己の現在地と傾向を知って使う力をアップグレード
「お金を使うことなら得意です!」という人は多いかもしれないが、いくら頑張って稼いでも、間違ったお金の使い方をしていたら、いつまで経ってもお金は貯まらず、増やすことなど夢のまた夢。マネーセンスを磨くには、使い方のトレーニングが必須なのだ。
同じお金を使うという行為でも、支出には「浪費」「消費」「投資」の3種類がある。「浪費」はシンプルに無駄遣い、「消費」は生活に不可欠な出費、「投資」は将来価値が高まるものや、自分の価値向上につながるものへの出費を指す。自分が日々使っているお金は、そのうちのどれにあたるのか、その境界線をはっきりさせ、自覚することが、センスのいいお金の使い方を身につけるファーストステップとなる。
今回は意識を傾向別に4つのレベルに分けて解説しているが、これはお金の教養を増やし、日々の意識変革をすることで確実に向上していけるもの。自分が今どのレベルに位置しているかを把握し、レベルアップを目指そう。
あなたはどのタイプ?お金の意識レベルチェック
LEVEL 1 浪費タイプ
情報に流されがち。何に使っているかわからない!

無駄遣いが習慣化している「浪費」タイプは、なくても生きていけるモノやサービスにお金を使い、結局それを活用できなかったり、金額に見合った価値が得られなかったりして後悔してばかり。「欲しい!」と思ったら衝動的に買うことが当たり前で、持っている額以上のお金を使ってしまうことも。「1つ買ったらもう1つ無料」などの謳い文句に弱く、ネットのクチコミもすぐに信じがち。

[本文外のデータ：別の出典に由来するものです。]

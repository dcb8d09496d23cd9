mod changes;
mod checks;
mod fates;

ghost use Rattle.std.specs.Prelude.{◌≡◌, pred, ◌+◌, ◌<◌, ◌≤◌, replicate, slice_set, None};
ghost use Rattle.ledger.specs.Records.{clock_at, record_at, take_stamp};
ghost use Rattle.ledger.specs.Ledger.{Counted, tokens_in, site_in};
ghost use Rattle.ledger.specs.Time.{spent_at};

use crate::number::{RecordNumber, Site};
use crate::record::CommitRecord;

// The commit records and the clocks of the sites.
#[derive(Drop)]
pub struct Ledger {
    records: [Option<CommitRecord>; 64],
    clocks: [u32; 16],
    ghost counted: { Counted records clocks },
}

impl Ledger {
    // No record in use, and every clock at the first.
    pub fn new(clock: u32) -> Ledger
        ensures records { result.records ≡ replicate 64 None }
        ensures clocks { result.clocks ≡ replicate 16 clock }
    {
        Ledger {
            records: [None; 64],
            clocks: [clock; 16],
        }
    }

    fn clock(&self, site: Site) -> u32
        ensures { result ≡ clock_at self.now.clocks site }
    {
        self.clocks[site.number() as usize]
    }

    fn record(&self, number: RecordNumber) -> Option<CommitRecord>
        ensures { result ≡ record_at self.now.records number }
    {
        self.records[number.index()]
    }

    // Writes a commit record. It takes the record and not a closure that changes one, so that the
    // contract can name what is written.
    fn write(&mut self, number: RecordNumber, new: Option<CommitRecord>)
        requires counted { tokens_in new ≤ clock_at self.old.clocks (site_in new) }
        ensures records { self.new.records ≡ slice_set self.old.records (pred number) new }
        ensures clocks { self.new.clocks ≡ self.old.clocks }
    {
        self.records[number.index()] = new;
    }

    // Moves a clock on.
    fn set_clock(&mut self, site: Site, clock: u32)
        requires onward { clock_at self.old.clocks site ≤ clock }
        ensures records { self.new.records ≡ self.old.records }
        ensures clocks { self.new.clocks ≡ slice_set self.old.clocks site clock }
        ensures there { clock_at self.new.clocks site ≡ clock }
    {
        self.clocks[site.number() as usize] = clock;
    }

    // Moves a clock past the timestamp that it gives.
    fn step_clock(&mut self, site: Site)
        requires unspent { clock_at self.old.clocks site < spent_at }
        ensures records { self.new.records ≡ self.old.records }
        ensures clocks { self.new.clocks ≡ take_stamp self.old.clocks site }
        ensures there { clock_at self.new.clocks site ≡ clock_at self.old.clocks site + 1 }
    {
        self.set_clock(site, self.clock(site) + 1);
    }
}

そんな人は、まずはその買い物が「本当に」「今」「自分に」必要なのかを、主体的に考えるクセをつけること。毎月、自分が何にどれくらい使ったかを把握し、振り返ることから始めよう。
LEVEL 2 消費タイプ
支出コントロールはバッチリ。使うべきところに使える堅実派

「消費」とは、家賃や食費といった毎日の生活のために不可欠な支出。それらは使った分だけの利便性や満足度を得られるものでもある。「必要なもの」と「欲しいもの」を区別し、無駄なく冷静に買い物できるのがこのタイプ。ただ、あまりに堅実かつストイックに最低限の消費を削ろうとすると、節約優先の姿勢が表に出すぎてしまい、結果周囲の信頼を失ってしまうことも……。

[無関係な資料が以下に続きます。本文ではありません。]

ghost use Rattle.script.specs.Spelling.{LinesStand};

// Carries the law of the lines: a line is read as a call exactly if it spells it, a call's own line is read back as it,
// and an answer is printed as one line.
pub fn lines_stand()
    ensures { LinesStand }
{}
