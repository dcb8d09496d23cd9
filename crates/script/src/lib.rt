// Script lines: the calls that they spell, and the lines that answers are printed as.
#![tactic(auto)]

mod fields;
pub mod law;
pub mod piece;
pub mod reading;
pub mod writing;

節約することで得られるリターンと損失を天秤にかけ、慎重に判断することも重要だ。人生を豊かにする体験など、消費以外の部分にもお金を使うようになれたら、さらにレベルアップできる。
LEVEL 3 慧眼タイプ
モノやサービスの本質を見抜く。お金を使うことで生活が活性化

同じ「消費」の範疇(はんちゅう)でも、モノやサービスの本質的な価値を自らの判断で見極められるのがこのタイプ。市場価値よりもお得な価格で良質な購買ができるため、お金を使うことで生活がより生き生きとし、それが習慣化されている状態だ。

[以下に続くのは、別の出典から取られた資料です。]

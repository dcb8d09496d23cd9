// The pieces of a script.
ghost use Rattle.std.specs.Prelude.{◌≡◌, ◌≤◌, [], ◌∷◌, length, MatchOption, ⊤};
ghost use Rattle.std.specs.Iterator.{at_most};
ghost use Rattle.std.specs.List.{prefix_len};
ghost use Rattle.script.specs.Format.{differs};
ghost use Rattle.script.specs.Lines.{lines};

// How many bytes stand before the next separator, or before the end.
pub fn length_before(bytes: &[u8], separator: u8) -> usize
    ensures value { result ≡ prefix_len (differs separator) bytes.now }
    ensures within { result ≤ length bytes.now }
{
    bytes
        .iter()
        .position(|b| *b == separator)
        .unwrap_or(bytes.len())
}

// The lines of a script, without their ends. A `for` over `split_inclusive` gets no proof in a function that is
// generic in a store.
#[derive(Drop)]
pub struct Lines<'a> {
    rest: &'a [u8],
}

impl<'a> Lines<'a> {
    pub fn of(script: &'a [u8]) -> Lines<'a>
        ensures { result.rest.now ≡ script.now }
    {
        Lines { rest: script }
    }
}

impl<'a> Iterator for Lines<'a> {
    type Item = &'a [u8];

    ghost can_next = { λ _. ⊤ };

    ghost next_gives = { λ s r t. MatchOption r (lines s.rest.now ≡ []) (λ line. lines s.rest.now ≡ line.now ∷ lines t.rest.now) };

    ghost remaining = { λ s. at_most (length s.rest.now) };

    fn next(&mut self) -> Option<&'a [u8]> {
        if self.rest.is_empty() {
            return None;
        }
        let (line, rest) = self.rest.split_at(length_before(self.rest, b'\n'));
        self.rest = rest.get(1..).unwrap_or(rest);
        Some(line)
    }
}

日頃から情報収集を怠らず、リテラシーも高いため、自分のニーズと商品の価値を照らし合わせて最良の選択をすることができる。モノに加えて体験や経験も自己資産と捉え、スキルアップや感性向上につながることに積極的にお金を使える一面も。家事の外注など「時間をお金で買う」という発想も併せ持てれば、生活の質がさらに向上する。
LEVEL 4 循環タイプ
他者に与えられるエンジェル型。長期の安定&社会還元も行う

自分自身の支出管理は問題なし。投資など、お金を使うことで人生をバージョンアップさせていく教養と能力を持つ。「流行っているから良い」など相対的な価値観に左右されず自分軸でお金を使う判断ができ、自分の人生を豊かにする時間や体験にお金を投じることが、より多くなる。
自分だけではなく、社会や地域に新しい価値を提供したいと思う傾向が強くなり、その経験を通し他者に“与える”ことで自分の心も社会も豊かになるという「循環」を知る。ギフトの精神があると自然とお金が集まってくるので、このレベルに達すると、将来のお金の心配はほぼなくなる。